Agony & Ecstasy: A Year With the English National Ballet, BBC Four | Dance reviews, news & interviews
Agony & Ecstasy: A Year With the English National Ballet, BBC Four
Real-life ballet bullying that makes Black Swan pale
You thought Black Swan was a nightmare depiction of the ballet world? Now watch Agony & Ecstasy: A Year With English National Ballet, Part 1 and squirm. Compare Natalie Portman’s tormenting balletmaster with ENB’s Derek Deane, as each of them stages Swan Lake. One tells his ballerina she’ll need to masturbate to discover her inner black swan; the other one contemptuously dismisses his ballerina as too old, too knackered, past hope. Then compare the ballerina characters: Portman miserable, wrung out, almost incapable, mentally unstable; ENB’s Daria Klimentová smiling again and again, as Deane kicks her again and again.
The story unfolding as the BBC cameras went in last summer was sheer movie melodrama: glamorous guest ballerina held up by visa troubles from opening night of gargantuan production of Swan Lake in the Albert Hall. With 20-year-old boy wonder laid on for primetime discovery as her partner, collapse of PR plan. On steps the company’s resident leading ballerina, aged 38, dreading it. Disaster looms, as Deane witheringly lays into her limitations.
Watch a telling clip from the programme
“You have to look at it psychologically, because you can damage the person rather than build them if you’re not careful with them,” smiles Deane to the camera, and his frankness throughout, almost recklessness about how he came over, does imply that it’s a norm of some kind. Psychological care to you and me is a howitzer to the balls to Deane, a man who makes even the most ferocious of dance critics seem like amateurs. He bludgeons and criticises his doughty ballerina - pays her the worst insult after the general rehearsal of saying he isn’t going to bother to give her any corrections, there are so many he doesn’t know where to start.
He so clearly favours the young lad, looking him up and down like a prize young bullock, that the sheer heroism of the old heifer deserves medals from every country she’s danced with. She smiles, heartbreakingly, her face exquisitely lined and expressive. She’s 38, she says, she’s too old for this, her arabesque hurts these days, and the last thing she wants is a Swan Lake opening night when people have flown across the world to see a much more famous, younger ballerina on the arm of Deane's prize new exhibit. The last thing she wants is the stress of being compared.
“After 20 years you think the critics will suddenly think I’m a star? I don’t think so,” she says, smiling tightly. In fact, one trick the film missed was to rub Deane’s nose hard and painfully in the critics’ reaction after that opening night, when we did all suddenly think elegant Daria seemed to have become something new and very exciting, in young Vadim's arms. It was referred to in passing, but the point wasn't quite made that either Daria had proved Deane's unpleasantness wrong, or - hmm - his unpleasant methods had a certain effectiveness.
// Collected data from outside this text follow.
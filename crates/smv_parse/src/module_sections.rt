// Sections of a module, and modules.

ghost use Rattle.std.specs.Prelude.{◌≡◌, ◌<◌, ◌≤◌, ◌-◌, ◌^◌, Option, suc, length, map, IfOk};
ghost use Rattle.text_core.specs.declared.place.Place.{Place};
ghost use Rattle.smv_text.specs.declared.token.TokenKind.TheVariants as kind;
ghost use Rattle.smv_text.specs.declared.tree.When.{When};
ghost use Rattle.smv_text.specs.Tree.{vars, spec};
ghost use Rattle.smv_text.specs.View.{plain, plain_item, plain_definition, plain_assignment, plain_element, plain_module};
ghost use Rattle.smv_parse.specs.Answers.{Gives, first_is, begins_target, begins_section};
ghost use Rattle.smv_grammar.specs.Readers.{both, mapped, either, fail, picked, died, many};
ghost use Rattle.smv_grammar.specs.Rules.{item_pick, body, definition_pick, enclosed, target_pick, assignment_pick, constraint, label, element_pick, module_rest, module_pick};

use crate::module_types::{domain, first_is_name, formals, kept_expression, placed_name, symbols};
use smv_expressions::{Stop, expect, path, start};
use smv_grammar::{after_word, tokens_after};
use smv_text::{
    Assignment, Assignments, Definition, Definitions, Element, Elements, Expr, Item, Items, Module,
    Modules, Path, Reserved, Sign, Token, TokenKind, VarKind, When,
};
use std::alloc::Global;
use text_core::{Name, Place};

// A declaration, with its semicolon.
fn item<'a>(
    alloc: Global,
    kind: VarKind,
    high: Option<Place>,
    tokens: &'a [Token],
) -> Result<(Item, Option<Place>, &'a [Token]), Stop>
    requires { length tokens.now < 2 ^ 32 }
    ensures reads { Gives (λ y. (plain_item y.0, y.1, y.2.now)) (either (item_pick kind) fail high tokens.now) result }
    ensures shorter { IfOk result (λ y. length y.2.now < length tokens.now) }
{
    let (name, place, rest) = placed_name(alloc, tokens)?;
    let more = expect(rest, Sign::Colon)?;
    let domain_place = start(more);
    let (domain, high, rest) = domain(alloc, kind, high, more)?;
    let last = expect(rest, Sign::Semicolon)?;
    Ok((
        Item {
            name,
            place,
            domain,
            domain_place,
        },
        high,
        last,
    ))
}

// Declarations, as long as a name comes next.
fn items<'a>(
    alloc: Global,
    kind: VarKind,
    high: Option<Place>,
    tokens: &'a [Token],
) -> Result<(Items, Option<Place>, &'a [Token]), Stop>
    requires { length tokens.now < 2 ^ 32 }
    ensures reads { Gives (λ y. (map plain_item y.0, y.1, y.2.now)) (many (item_pick kind) high tokens.now) result }
    ensures within { IfOk result (λ y. length y.2.now ≤ length tokens.now) }
{
    let mut all = Items::new(alloc);
    let mut high = high;
    let mut rest = tokens;
    while first_is_name(rest) {
        let (next, so_far, last) = item(alloc, kind, high, rest)?;
        all.push(next)?;
        high = so_far;
        rest = last;
    }
    Ok((all, high, rest))
}

// The right side of an assignment, from `:=` to the semicolon.
#[inline(always)]
fn body<'a>(
    alloc: Global,
    high: Option<Place>,
    tokens: &'a [Token],
) -> Result<(Expr, Option<Place>, &'a [Token]), Stop>
    requires { length tokens.now < 2 ^ 32 }
    ensures reads { Gives (λ y. (plain y.0, y.1, y.2.now)) (body high tokens.now) result }
    ensures within { IfOk result (λ y. length y.2.now ≤ length tokens.now) }
{
    let more = expect(tokens, Sign::Assign)?;
    let (value, high, rest) = kept_expression(alloc, high, more)?;
    let last = expect(rest, Sign::Semicolon)?;
    Ok((value, high, last))
}

fn definition<'a>(
    alloc: Global,
    high: Option<Place>,
    tokens: &'a [Token],
) -> Result<(Definition, Option<Place>, &'a [Token]), Stop>
    requires { length tokens.now < 2 ^ 32 }
    ensures reads { Gives (λ y. (plain_definition y.0, y.1, y.2.now)) (either definition_pick fail high tokens.now) result }
    ensures shorter { IfOk result (λ y. length y.2.now < length tokens.now) }
{
    let (name, place, rest) = placed_name(alloc, tokens)?;
    let (body, high, last) = body(alloc, high, rest)?;
    Ok((Definition { name, place, body }, high, last))
}

// Definitions, as long as a name comes next.
fn definitions<'a>(
    alloc: Global,
    high: Option<Place>,
    tokens: &'a [Token],
) -> Result<(Definitions, Option<Place>, &'a [Token]), Stop>
    requires { length tokens.now < 2 ^ 32 }
    ensures reads { Gives (λ y. (map plain_definition y.0, y.1, y.2.now)) (many definition_pick high tokens.now) result }
    ensures within { IfOk result (λ y. length y.2.now ≤ length tokens.now) }
{
    let mut all = Definitions::new(alloc);
    let mut high = high;
    let mut rest = tokens;
    while first_is_name(rest) {
        let (next, so_far, last) = definition(alloc, high, rest)?;
        all.push(next)?;
        high = so_far;
        rest = last;
    }
    Ok((all, high, rest))
}

// A path in round brackets.
#[inline(always)]
fn enclosed<'a>(alloc: Global, tokens: &'a [Token]) -> Result<(Path, &'a [Token]), Stop>
    ensures reads { (h : Option Place) → (w : When) → Gives (λ y. ((w, y.0), h, y.1.now)) (enclosed w h tokens.now) result }
    ensures within { IfOk result (λ y. length y.1.now ≤ length tokens.now) }
{
    let more = expect(tokens, Sign::Open)?;
    let (path, rest) = path(alloc, more)?;
    let last = expect(rest, Sign::Close)?;
    Ok((path, last))
}

// The left side of an assignment.
#[inline(always)]
fn target<'a>(alloc: Global, tokens: &'a [Token]) -> Result<(When, Path, &'a [Token]), Stop>
    ensures reads { (h : Option Place) → Gives (λ y. ((y.0, y.1), h, y.2.now)) (either target_pick fail h tokens.now) result }
    ensures shorter { IfOk result (λ y. length y.2.now < length tokens.now) }
{
    if let Some(rest) = after_word(tokens, Reserved::Initial) {
        let (target, last) = enclosed(alloc, rest)?;
        return Ok((When::First, target, last));
    }
    if let Some(rest) = after_word(tokens, Reserved::Next) {
        let (target, last) = enclosed(alloc, rest)?;
        return Ok((When::Following, target, last));
    }
    let (target, last) = path(alloc, tokens)?;
    Ok((When::Always, target, last))
}

fn assignment<'a>(
    alloc: Global,
    high: Option<Place>,
    tokens: &'a [Token],
) -> Result<(Assignment, Option<Place>, &'a [Token]), Stop>
    requires { length tokens.now < 2 ^ 32 }
    ensures reads { Gives (λ y. (plain_assignment y.0, y.1, y.2.now)) (either assignment_pick fail high tokens.now) result }
    ensures shorter { IfOk result (λ y. length y.2.now < length tokens.now) }
{
    let (when, target, rest) = target(alloc, tokens)?;
    let (body, high, last) = body(alloc, high, rest)?;
    Ok((Assignment { when, target, body }, high, last))
}

// Whether the left side of an assignment begins here.
fn first_is_target(tokens: &[Token]) -> bool
    ensures { result ≡ first_is begins_target tokens.now }
{
    match tokens.first() {
        Some(token) => match &token.kind {
            TokenKind::Ident(_) => true,
            TokenKind::Reserved(word) => match word {
                Reserved::Itself => true,
                Reserved::Initial => true,
                Reserved::Next => true,
                _ => false,
            },
            _ => false,
        },
        None => false,
    }
}

// Assignments, as long as the left side of one comes next.
fn assignments<'a>(
    alloc: Global,
    high: Option<Place>,
    tokens: &'a [Token],
) -> Result<(Assignments, Option<Place>, &'a [Token]), Stop>
    requires { length tokens.now < 2 ^ 32 }
    ensures reads { Gives (λ y. (map plain_assignment y.0, y.1, y.2.now)) (many assignment_pick high tokens.now) result }
    ensures within { IfOk result (λ y. length y.2.now ≤ length tokens.now) }
{
    let mut all = Assignments::new(alloc);
    let mut high = high;
    let mut rest = tokens;
    while first_is_target(rest) {
        let (next, so_far, last) = assignment(alloc, high, rest)?;
        all.push(next)?;
        high = so_far;
        rest = last;
    }
    Ok((all, high, rest))
}

// An expression, and an optional semicolon after it.
fn constraint<'a>(
    alloc: Global,
    high: Option<Place>,
    tokens: &'a [Token],
) -> Result<(Expr, Option<Place>, &'a [Token]), Stop>
    requires { length tokens.now < 2 ^ 32 }
    ensures reads { Gives (λ y. (plain y.0, y.1, y.2.now)) (constraint high tokens.now) result }
    ensures within { IfOk result (λ y. length y.2.now ≤ length tokens.now) }
{
    let (value, high, rest) = kept_expression(alloc, high, tokens)?;
    match tokens_after(rest, Sign::Semicolon) {
        Some(last) => Ok((value, high, last)),
        None => Ok((value, high, rest)),
    }
}

// The optional name of an invariant.
fn label<'a>(alloc: Global, tokens: &'a [Token]) -> Result<(Option<Name>, &'a [Token]), Stop>
    ensures reads { (h : Option Place) → Gives (λ y. (y.0, h, y.1.now)) (label h tokens.now) result }
    ensures within { IfOk result (λ y. length y.1.now ≤ length tokens.now) }
{
    match after_word(tokens, Reserved::Name) {
        Some(more) => {
            let (label, _, rest) = placed_name(alloc, more)?;
            let last = expect(rest, Sign::Assign)?;
            Ok((Some(label), last))
        }
        None => Ok((None, tokens)),
    }
}

// Declarations of one kind.
fn variables<'a>(
    alloc: Global,
    kind: VarKind,
    high: Option<Place>,
    tokens: &'a [Token],
) -> Result<(Element, Option<Place>, &'a [Token]), Stop>
    requires { length tokens.now < 2 ^ 32 }
    ensures reads { Gives (λ y. (plain_element y.0, y.1, y.2.now)) (mapped (vars kind) (many (item_pick kind)) high tokens.now) result }
    ensures within { IfOk result (λ y. length y.2.now ≤ length tokens.now) }
{
    let (all, high, rest) = items(alloc, kind, high, tokens)?;
    Ok((Element::Vars(kind, all), high, rest))
}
I remember Deane’s being admirably exacting when he was ENB’s artistic director, able to get remarkable performers emerging from shy, unformed material. There were flashes of his dramatic insights here. But it is more than 10 years on now, there has been bitter water under bridges since then, and this opening part of a three-part documentary, evidently aimed at winning supporters for ENB’s fight against possible big subsidy cuts, may well be more remembered for Deane’s bullying. While it would be easy to blame the film’s director Rob Farquhar and producer Alice Mayhall for this, they are serious documentary makers and there has long been a very thin line in balletmastering between teaching and browbeating. Vadim grins and agrees that his years of training in Minsk were largely a matter of being screamed at so that his ears hurt. Deane is something he's used to.
So you must decide which to take notice of: Deane’s callousness, or the ballerina's dauntlessness; the boy’s description of his abusive teacher, or his own evident preparedness to tackle stardom at the age of 20. Does the toughness of character needed in ballet only emerge via being harassed over and over? I wish the question had been asked, to get to the bottom of this persistent mystery - many ballet directors think bullying is unpardonable and creates thoughtless, joyless dancers. What dominated in the film was the seriousness, stress, even mindlessness of the company's work on this particular Swan Lake - yet Daria’s irrepressible smile, Vadim’s growing confidence, even an injured corps girl’s determination to dance through her severe knee injury, these all told of some other motivation not probed here.